* ASSIGNMENT *
In the records that follow, find each line with the word "SolidCmd" and copy it.

··· DATA FOR THE TASK ···

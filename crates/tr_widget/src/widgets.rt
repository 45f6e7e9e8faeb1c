ghost use Rattle.tr_widget.specs.Widgets as spec;

use crate::commands::WidgetCmd;
use std::alloc::Global;
use tr_base::{Command, Env, Event, Line, NoMemory, Rect, Size};
use tr_client::Client;
use tr_paint::Batch;
use w_canvas::Canvas;
use w_edit::Editor;
use w_lines::Lines;
use w_meter::Meter;
use w_plain::{Board, Label, Solid};

/// A window with one of the widgets.
#[derive(Debug, Drop)]
pub enum Widget {
    Solid(Solid),
    Board(Board),
    Label(Label),
    Lines(Lines),
    Canvas(Canvas),
    Meter(Meter),
    Editor(Editor),
}

impl Widget {
    /// Tells that the content is valid for its widget. Nothing runs.
    fn known(&self)
        ensures { spec.IsWidget self.now }
    {
        match self {
            Widget::Solid(x) => x.invariant(),
            Widget::Board(x) => x.invariant(),
            Widget::Label(x) => x.invariant(),
            Widget::Lines(x) => x.invariant(),
            Widget::Canvas(x) => x.invariant(),
            Widget::Meter(x) => x.invariant(),
            Widget::Editor(x) => x.invariant(),
        }
    }
}

impl Client for Widget {
    ghost use Rattle.tr_widget.specs.Widgets.{IsWidget, widget_pic, widget_next, widget_patch, widget_answer, widget_value, widget_keeps};
    ghost use Rattle.tr_widget.specs.WidgetLaws.{widget_contents, widget_answers, widget_patches, widget_empty_patches, widget_keeping, widget_kinds};

    type Cmd = WidgetCmd;

    ghost valid = { IsWidget };

    ghost pic = { widget_pic };

    ghost next = { widget_next };

    ghost patch = { widget_patch };

    ghost answer = { widget_answer };

    ghost value = { widget_value };

    ghost keeps = { widget_keeps };

    fn copy(&self, alloc: Global) -> Result<Widget, NoMemory> {
        Ok(match self {
            Widget::Solid(x) => Widget::Solid(x.copy(alloc)?),
            Widget::Board(x) => Widget::Board(x.copy(alloc)?),
            Widget::Label(x) => Widget::Label(x.copy(alloc)?),
            Widget::Lines(x) => Widget::Lines(x.copy(alloc)?),
            Widget::Canvas(x) => Widget::Canvas(x.copy(alloc)?),
            Widget::Meter(x) => Widget::Meter(x.copy(alloc)?),
            Widget::Editor(x) => Widget::Editor(x.copy(alloc)?),
        })
    }

    fn same(&self, other: &Widget) -> bool {
        match (self, other) {
            (Widget::Solid(x), Widget::Solid(other)) => x.same(other),
            (Widget::Board(x), Widget::Board(other)) => x.same(other),
            (Widget::Label(x), Widget::Label(other)) => x.same(other),
            (Widget::Lines(x), Widget::Lines(other)) => x.same(other),
            (Widget::Canvas(x), Widget::Canvas(other)) => x.same(other),
            (Widget::Meter(x), Widget::Meter(other)) => x.same(other),
            (Widget::Editor(x), Widget::Editor(other)) => x.same(other),
            _ => {
                self.known();
                other.known();
                false
            }
        }
    }

    fn paint(&self, alloc: Global, env: &Env, size: Size, clip: Rect) -> Result<Batch, NoMemory> {
        match self {
            Widget::Solid(x) => x.paint(alloc, env, size, clip),
            Widget::Board(x) => x.paint(alloc, env, size, clip),
            Widget::Label(x) => x.paint(alloc, env, size, clip),
            Widget::Lines(x) => x.paint(alloc, env, size, clip),
            Widget::Canvas(x) => x.paint(alloc, env, size, clip),
            Widget::Meter(x) => x.paint(alloc, env, size, clip),
            Widget::Editor(x) => x.paint(alloc, env, size, clip),
        }
    }

    fn change(
        &self,
        alloc: Global,
        env: &Env,
        size: Size,
        cmd: &WidgetCmd,
    ) -> Result<(Widget, Batch), NoMemory> {
        match (self, cmd) {
            (Widget::Solid(x), WidgetCmd::Solid(cmd)) => {
                let (next, patch) = x.change(alloc, env, size, cmd)?;
                Ok((Widget::Solid(next), patch))
            }
            (Widget::Board(x), WidgetCmd::Board(cmd)) => {
                let (next, patch) = x.change(alloc, env, size, cmd)?;
                Ok((Widget::Board(next), patch))
            }
            (Widget::Label(x), WidgetCmd::Label(cmd)) => {
                let (next, patch) = x.change(alloc, env, size, cmd)?;
                Ok((Widget::Label(next), patch))
            }
            (Widget::Lines(x), WidgetCmd::Lines(cmd)) => {
                let (next, patch) = x.change(alloc, env, size, cmd)?;
                Ok((Widget::Lines(next), patch))
            }
            (Widget::Canvas(x), WidgetCmd::Canvas(cmd)) => {
                let (next, patch) = x.change(alloc, env, size, cmd)?;
                Ok((Widget::Canvas(next), patch))
            }
            (Widget::Meter(x), WidgetCmd::Meter(cmd)) => {
                let (next, patch) = x.change(alloc, env, size, cmd)?;
                Ok((Widget::Meter(next), patch))
            }
            (Widget::Editor(x), WidgetCmd::Editor(cmd)) => {
                let (next, patch) = x.change(alloc, env, size, cmd)?;
                Ok((Widget::Editor(next), patch))
            }
            _ => {
                cmd.known();
                Ok((self.copy(alloc)?, Batch::new(alloc)))
            }
        }
    }

    fn apply(
        &mut self,
        alloc: Global,
        env: &Env,
        size: Size,
        cmd: &WidgetCmd,
        batch: &mut Batch,
    ) -> Result<(), NoMemory> {
        self.known();
        cmd.known();
        match (self, cmd) {
            (Widget::Solid(x), WidgetCmd::Solid(cmd)) => x.apply(alloc, env, size, cmd, batch),
            (Widget::Board(x), WidgetCmd::Board(cmd)) => x.apply(alloc, env, size, cmd, batch),
            (Widget::Label(x), WidgetCmd::Label(cmd)) => x.apply(alloc, env, size, cmd, batch),
            (Widget::Lines(x), WidgetCmd::Lines(cmd)) => x.apply(alloc, env, size, cmd, batch),
            (Widget::Canvas(x), WidgetCmd::Canvas(cmd)) => x.apply(alloc, env, size, cmd, batch),
            (Widget::Meter(x), WidgetCmd::Meter(cmd)) => x.apply(alloc, env, size, cmd, batch),
            (Widget::Editor(x), WidgetCmd::Editor(cmd)) => x.apply(alloc, env, size, cmd, batch),
            _ => Ok(()),
        }
    }

    fn react(&self, alloc: Global, event: &Event) -> Result<Option<WidgetCmd>, NoMemory> {
        Ok(match self {
            Widget::Solid(x) => x.react(alloc, event)?.map(|cmd| WidgetCmd::Solid(cmd)),
            Widget::Board(x) => x.react(alloc, event)?.map(|cmd| WidgetCmd::Board(cmd)),
            Widget::Label(x) => x.react(alloc, event)?.map(|cmd| WidgetCmd::Label(cmd)),
            Widget::Lines(x) => x.react(alloc, event)?.map(|cmd| WidgetCmd::Lines(cmd)),
            Widget::Canvas(x) => x.react(alloc, event)?.map(|cmd| WidgetCmd::Canvas(cmd)),
            Widget::Meter(x) => x.react(alloc, event)?.map(|cmd| WidgetCmd::Meter(cmd)),
            Widget::Editor(x) => x.react(alloc, event)?.map(|cmd| WidgetCmd::Editor(cmd)),
        })
    }

    fn value(&self, alloc: Global) -> Result<Line, NoMemory> {
        match self {
            Widget::Solid(x) => x.value(alloc),
            Widget::Board(x) => x.value(alloc),
            Widget::Label(x) => x.value(alloc),
            Widget::Lines(x) => x.value(alloc),
            Widget::Canvas(x) => x.value(alloc),
            Widget::Meter(x) => x.value(alloc),
            Widget::Editor(x) => x.value(alloc),
        }
    }

    fn keeps(&self, from: Size, to: Size) -> Rect {
        match self {
            Widget::Solid(x) => x.keeps(from, to),
            Widget::Board(x) => x.keeps(from, to),
            Widget::Label(x) => x.keeps(from, to),
            Widget::Lines(x) => x.keeps(from, to),
            Widget::Canvas(x) => x.keeps(from, to),
            Widget::Meter(x) => x.keeps(from, to),
            Widget::Editor(x) => x.keeps(from, to),
        }
    }

    ghost contents = { widget_contents };

    ghost answers = { widget_answers };

    ghost patches = { widget_patches };

    ghost empty_patches = { widget_empty_patches };

    ghost keeping = { widget_keeping };

    ghost kinds = { widget_kinds };
}
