//! The last spelled lines.
ghost use Rattle.std.specs.Prelude.{◌≡◌, ℕ, ◌+◌, ◌*◌, ◌<◌, ◌≤◌, List, All, IfOk, length, take, slice_range, vec_len};
ghost use Rattle.tr_output.specs.Lines.{SpellsRow};
ghost use Rattle.tr_output.specs.Texts.{row_text};

use std::alloc::Global;
use tr_base::NoMemory;

/// The number of kept lines. In a tiled window every eighth row is equal.
pub(crate) const LINES: usize = 8;

/// The number of bytes of the longest line.
const LONGEST: usize = 2 * 1024 + 1;

/// The line of a row: the place of its pixels, their number, and its text in front.
#[derive(Drop)]
pub(crate) struct Line {
    start: usize,
    wide: usize,
    pub(crate) text: Vec<u8>,
}

impl Line {
    /// The line of no pixels.
    fn new(alloc: Global) -> Result<Line, NoMemory>
        ensures { IfOk result (λ line. (pixels : List ℕ) → SpellsRow pixels line) }
    {
        Ok(Line {
            start: 0,
            wide: 0,
            text: vec![in alloc; b'\n'; LONGEST]?,
        })
    }

    /// Spells the row that begins at `start`, unless its line is there.
    pub(crate) fn spell(&mut self, pixels: &[u8], start: usize, wide: usize)
        requires wide { wide ≤ 1024 }
        requires within { start + wide ≤ length pixels.now }
        requires line { SpellsRow pixels.now self.old }
        ensures line { SpellsRow pixels.now self.new }
        ensures text { take (2 * wide + 1) self.new.text.items
            ≡ row_text (slice_range pixels.now start (start + wide)) }
    {
        if self.start == start && self.wide == wide {
            return;
        }
        spell_row(&pixels[start..start + wide], self.text.as_mut_slice());
        self.start = start;
        self.wide = wide;
    }
}

/// Spells a row at the front of a text.
fn spell_row(row: &[u8], text: &mut [u8])
    requires { 2 * length row.now < length text.old }
    ensures { take (2 * length row.now + 1) text.new ≡ row_text row.now }
{
    let end = 2 * row.len();
    hex::encode_to_slice(row, &mut text[..end]).unwrap();
    text[end] = b'\n';
}

/// Lines of no pixels.
pub(crate) fn no_lines(alloc: Global) -> Result<Vec<Line>, NoMemory>
    ensures lines { IfOk result (λ lines. (pixels : List ℕ) → All (SpellsRow pixels) lines.items) }
    ensures count { IfOk result (λ lines. vec_len lines ≡ LINES) }
{
    let mut lines = Vec::with_capacity(alloc, LINES)?;
    for _ in 0..LINES {
        lines.push(Line::new(alloc)?)?;
    }
    Ok(lines)
}
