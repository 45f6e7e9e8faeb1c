use thiserror::Error;
use tr_base::NoMemory;
use tr_io::Failed;

/// The cause of a text that isn't written, or not all of it.
#[derive(Clone, Copy, Debug, PartialEq, Eq, Error)]
pub enum WriteRefused {
    /// Nothing was written.
    #[error("out of memory")]
    NoMemory,
    /// A write failed.
    #[error("a write failed")]
    Failed,
}

impl From<NoMemory> for WriteRefused {
    ghost use Rattle.std.specs.Prelude.{◌≡◌};
    ghost use Rattle.tr_output.specs.declared.errors.WriteRefused.TheVariants as refused;

    ghost from_gives = { λ _ e. e ≡ refused.NoMemory };

    fn from(_e: NoMemory) -> WriteRefused {
        WriteRefused::NoMemory
    }
}

impl From<Failed> for WriteRefused {
    ghost use Rattle.std.specs.Prelude.{◌≡◌};
    ghost use Rattle.tr_output.specs.declared.errors.WriteRefused.TheVariants as refused;

    ghost from_gives = { λ _ e. e ≡ refused.Failed };

    fn from(_e: Failed) -> WriteRefused {
        WriteRefused::Failed
    }
}
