ghost use Rattle.std.specs.Prelude.{◌≡◌, ◌+◌, ◌<◌, ◌≤◌, length, take, drop, IfOk, OnOk, OnErr};
ghost use Rattle.tr_io.specs.Faults.{HasFault};
ghost use Rattle.tr_io.specs.Streams.{Grew, GrewByPrefix};

use tr_io::{Failed, Sink};

/// Writes a whole text, for which the sink has room. It takes no memory.
pub fn write_all<K: Sink>(sink: &mut K, text: &[u8]) -> Result<(), Failed>
    requires { length text.now ≤ K.room sink.old }
    ensures ok { OnOk result (Grew (K.written sink.old) (K.written sink.new) text.now) }
    ensures room { OnOk result (K.room sink.old ≤ K.room sink.new + length text.now) }
    ensures err { OnErr result (GrewByPrefix (K.written sink.old) (K.written sink.new) text.now) }
    ensures failed { OnErr result (HasFault (K.faults sink.old) (K.faults sink.new)) }
    ensures rising { K.faults sink.old ≤ K.faults sink.new }
{
    let mut written = 0;
    while written < text.len() {
        written += write_from(sink, text, written)?;
    }
    Ok(())
}

/// Writes once, from the byte at `start` on, and answers the number of bytes that the sink took.
fn write_from<K: Sink>(sink: &mut K, text: &[u8], start: usize) -> Result<usize, Failed>
    requires start { start < length text.now }
    requires room { length text.now ≤ K.room sink.old + start }
    ensures count { IfOk result (λ n. (0 < n) × (start + n ≤ length text.now)) }
    ensures grew { IfOk result (λ n.
        Grew (K.written sink.old) (K.written sink.new) (take n (drop start text.now))) }
    ensures room { IfOk result (λ n. K.room sink.old ≤ K.room sink.new + n) }
    ensures failed { OnErr result (HasFault (K.faults sink.old) (K.faults sink.new)) }
    ensures unchanged { OnErr result (K.written sink.new ≡ K.written sink.old) }
    ensures rising { K.faults sink.old ≤ K.faults sink.new }
{
    let rest = &text[start..];
    sink.write(rest)
}
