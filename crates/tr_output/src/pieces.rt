//! The pieces of a text, and the search for a row that is kept already.
ghost use Rattle.std.specs.Prelude.{◌≡◌, ℕ, ◌+◌, ◌*◌, ◌<◌, ◌≤◌, List, ◌++◌, true, min};
ghost use Rattle.std.specs.Prelude.{All, IfSome, length, vec_len, vec_capacity};
ghost use Rattle.std.specs.List.{flat_map};
ghost use Rattle.tr_output.specs.Texts.{row_text};
ghost use Rattle.tr_output.specs.Pieces.{IsKeptAt, IsPieceWithin, piece_text, pieces_text};

use tr_kernel::first_difference;
use tr_screen::Screen;

/// A piece of a text.
#[derive(Drop)]
pub(crate) enum Piece {
    /// Bytes.
    Bytes(Vec<u8>),
    /// The line of a row of pixels: the place of its first pixel among the kept ones, and its width.
    Row { start: usize, wide: usize },
}

/// The first pieces of the rows of the present dump and of the last one. These are hints: a row that is
/// kept there is taken only if all its pixels are the same.
#[derive(Clone, Copy)]
pub(crate) struct Dumps {
    pub(crate) present: usize,
    pub(crate) last: usize,
}

/// The place of a piece's first pixel, if it is a row.
fn start_of(pieces: &[Piece], index: usize) -> Option<usize> {
    match pieces.get(index) {
        Some(Piece::Row { start, .. }) => Some(*start),
        _ => None,
    }
}

/// Whether a row's pixels are kept from this place on.
fn is_kept_at(pixels: &[u8], start: usize, row: &[u8]) -> bool
    ensures { result ≡ true → IsKeptAt pixels.now start row.now }
{
    if start > pixels.len() || row.len() > pixels.len() - start {
        return false;
    }
    first_difference(&pixels[start..start + row.len()], row).is_none()
}

/// The place of a row's pixels, if one of these pieces has them.
fn place_among(pieces: &[Piece], pixels: &[u8], tries: &[usize], row: &[u8]) -> Option<usize>
    ensures { IfSome result (λ start. IsKeptAt pixels.now start row.now) }
{
    for index in tries {
        let start = start_of(pieces, *index);
        if let Some(start) = start
            && is_kept_at(pixels, start, row)
        {
            return Some(start);
        }
    }
    None
}

/// The place of the next row's pixels, if it equals the row above (as in one colour), the same row of the
/// last dump, or the eighth row above (as in a tiled window).
fn place_of(pieces: &[Piece], pixels: &[u8], dumps: &Dumps, row: &[u8]) -> Option<usize>
    ensures { IfSome result (λ start. IsKeptAt pixels.now start row.now) }
{
    let next = pieces.len();
    let same = dumps.last.wrapping_add(next.wrapping_sub(dumps.present));
    let tries = [next.wrapping_sub(1), same, next.wrapping_sub(8)];
    place_among(pieces, pixels, &tries, row)
}

/// Appends the line of a row. There is room for it.
fn push_row(pieces: &mut Vec<Piece>, pixels: &mut Vec<u8>, dumps: &Dumps, row: &[u8])
    requires wide { length row.now ≤ 1024 }
    requires room { vec_len pieces.old < vec_capacity pieces.old }
    requires pixels { vec_len pixels.old + length row.now ≤ vec_capacity pixels.old }
    requires within { All (IsPieceWithin (length pixels.old.items)) pieces.old.items }
    ensures text { pieces_text pixels.new.items pieces.new.items
        ≡ pieces_text pixels.old.items pieces.old.items ++ row_text row.now }
    ensures within { All (IsPieceWithin (length pixels.new.items)) pieces.new.items }
    ensures count { vec_len pieces.new ≡ vec_len pieces.old + 1 }
    ensures room { vec_capacity pieces.new ≡ vec_capacity pieces.old }
    ensures pixels { (vec_len pixels.new ≤ vec_len pixels.old + length row.now)
        × (vec_capacity pixels.old ≤ vec_capacity pixels.new) }
{
    let wide = row.len();
    if let Some(start) = place_of(pieces, pixels, dumps, row) {
        pieces.push_reserved(Piece::Row { start, wide });
        return;
    }
    let start = pixels.len();
    pixels.extend_from_slice(row).unwrap();
    pieces.push_reserved(Piece::Row { start, wide });
}

/// Appends the lines of all rows. There is room for them.
pub(crate) fn push_rows(
    pieces: &mut Vec<Piece>,
    pixels: &mut Vec<u8>,
    dumps: &Dumps,
    screen: &Screen,
)
    requires pieces { vec_len pieces.old + screen.now.size.high ≤ vec_capacity pieces.old }
    requires pixels { vec_len pixels.old + screen.now.size.high * screen.now.size.wide
        ≤ vec_capacity pixels.old }
    requires within { All (IsPieceWithin (length pixels.old.items)) pieces.old.items }
    ensures text { pieces_text pixels.new.items pieces.new.items
        ≡ pieces_text pixels.old.items pieces.old.items ++ flat_map row_text screen.now.rows }
    ensures within { All (IsPieceWithin (length pixels.new.items)) pieces.new.items }
{
    for v in 0..screen.size().high {
        push_row(pieces, pixels, dumps, screen.row(v));
    }
}

/// The number of bytes of a piece's text.
fn len_of(piece: &Piece, many: usize) -> usize
    requires { IsPieceWithin many piece.now }
    ensures { (pixels : List ℕ) → length pixels ≡ many → result ≡ length (piece_text pixels piece.now) }
{
    match piece {
        Piece::Bytes(bytes) => bytes.len(),
        Piece::Row { wide, .. } => 2 * wide + 1,
    }
}

/// The number of bytes of the text of pieces over this many pixels, at most 2^64 - 1.
pub(crate) fn len_of_all(pieces: &[Piece], many: usize) -> usize
    requires { All (IsPieceWithin many) pieces.now }
    ensures { (pixels : List ℕ) → length pixels ≡ many →
        result ≡ min (length (pieces_text pixels pieces.now)) usize.MAX }
{
    let mut len: usize = 0;
    for piece in pieces {
        len = len.saturating_add(len_of(piece, many));
    }
    len
}
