//! A text that is kept until it is written: bytes, and rows of pixels. A row shares the pixels of the row
//! above, of the eighth row above or of the same row of the last dump, if it equals one of these. It gets its
//! hex digits when it is written, by way of a buffer of fixed size.
#![tactic(auto)]

mod buffers;
mod errors;
mod kept;
mod lines;
mod outputs;
mod pieces;
mod sinks;

pub use errors::WriteRefused;
pub use outputs::Output;
pub use sinks::write_all;
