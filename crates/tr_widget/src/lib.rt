//! The widgets as one client, so that the windows of one screen can have different ones: a content is
//! the content of one widget, and a command is for one widget. Each widget does its own work; a command
//! for another widget changes nothing, and paints nothing.
#![tactic(auto)]

mod commands;
mod widgets;

pub use commands::WidgetCmd;
pub use widgets::Widget;
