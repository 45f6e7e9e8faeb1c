use std::alloc::Global;
use tr_base::{Command, NoMemory};
use w_canvas::CanvasCmd;
use w_edit::EditorCmd;
use w_lines::LinesCmd;
use w_meter::MeterCmd;
use w_plain::{BoardCmd, LabelCmd, SolidCmd};

/// A command of one of the widgets.
#[derive(Debug, Drop)]
pub enum WidgetCmd {
    Solid(SolidCmd),
    Board(BoardCmd),
    Label(LabelCmd),
    Lines(LinesCmd),
    Canvas(CanvasCmd),
    Meter(MeterCmd),
    Editor(EditorCmd),
}

impl Command for WidgetCmd {
    ghost use Rattle.tr_widget.specs.Widgets.{IsWidgetCmd, widget_words};

    ghost valid = { IsWidgetCmd };

    ghost words = { widget_words };

    fn known(&self) {
        match self {
            WidgetCmd::Solid(cmd) => cmd.known(),
            WidgetCmd::Board(cmd) => cmd.known(),
            WidgetCmd::Label(cmd) => cmd.known(),
            WidgetCmd::Lines(cmd) => cmd.known(),
            WidgetCmd::Canvas(cmd) => cmd.known(),
            WidgetCmd::Meter(cmd) => cmd.known(),
            WidgetCmd::Editor(cmd) => cmd.known(),
        }
    }

    fn copy(&self, alloc: Global) -> Result<WidgetCmd, NoMemory> {
        Ok(match self {
            WidgetCmd::Solid(cmd) => WidgetCmd::Solid(cmd.copy(alloc)?),
            WidgetCmd::Board(cmd) => WidgetCmd::Board(cmd.copy(alloc)?),
            WidgetCmd::Label(cmd) => WidgetCmd::Label(cmd.copy(alloc)?),
            WidgetCmd::Lines(cmd) => WidgetCmd::Lines(cmd.copy(alloc)?),
            WidgetCmd::Canvas(cmd) => WidgetCmd::Canvas(cmd.copy(alloc)?),
            WidgetCmd::Meter(cmd) => WidgetCmd::Meter(cmd.copy(alloc)?),
            WidgetCmd::Editor(cmd) => WidgetCmd::Editor(cmd.copy(alloc)?),
        })
    }

    fn same(&self, other: &WidgetCmd) -> bool {
        match (self, other) {
            (WidgetCmd::Solid(cmd), WidgetCmd::Solid(other)) => cmd.same(other),
            (WidgetCmd::Board(cmd), WidgetCmd::Board(other)) => cmd.same(other),
            (WidgetCmd::Label(cmd), WidgetCmd::Label(other)) => cmd.same(other),
            (WidgetCmd::Lines(cmd), WidgetCmd::Lines(other)) => cmd.same(other),
            (WidgetCmd::Canvas(cmd), WidgetCmd::Canvas(other)) => cmd.same(other),
            (WidgetCmd::Meter(cmd), WidgetCmd::Meter(other)) => cmd.same(other),
            (WidgetCmd::Editor(cmd), WidgetCmd::Editor(other)) => cmd.same(other),
            _ => false,
        }
    }

    fn print(&self, out: &mut Vec<u8>) -> Result<(), NoMemory> {
        match self {
            WidgetCmd::Solid(cmd) => cmd.print(out),
            WidgetCmd::Board(cmd) => cmd.print(out),
            WidgetCmd::Label(cmd) => cmd.print(out),
            WidgetCmd::Lines(cmd) => cmd.print(out),
            WidgetCmd::Canvas(cmd) => cmd.print(out),
            WidgetCmd::Meter(cmd) => cmd.print(out),
            WidgetCmd::Editor(cmd) => cmd.print(out),
        }
    }
}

···

* RESPONSE TO THIS TASK *
use w_plain::{BoardCmd, LabelCmd, SolidCmd};
    Solid(SolidCmd),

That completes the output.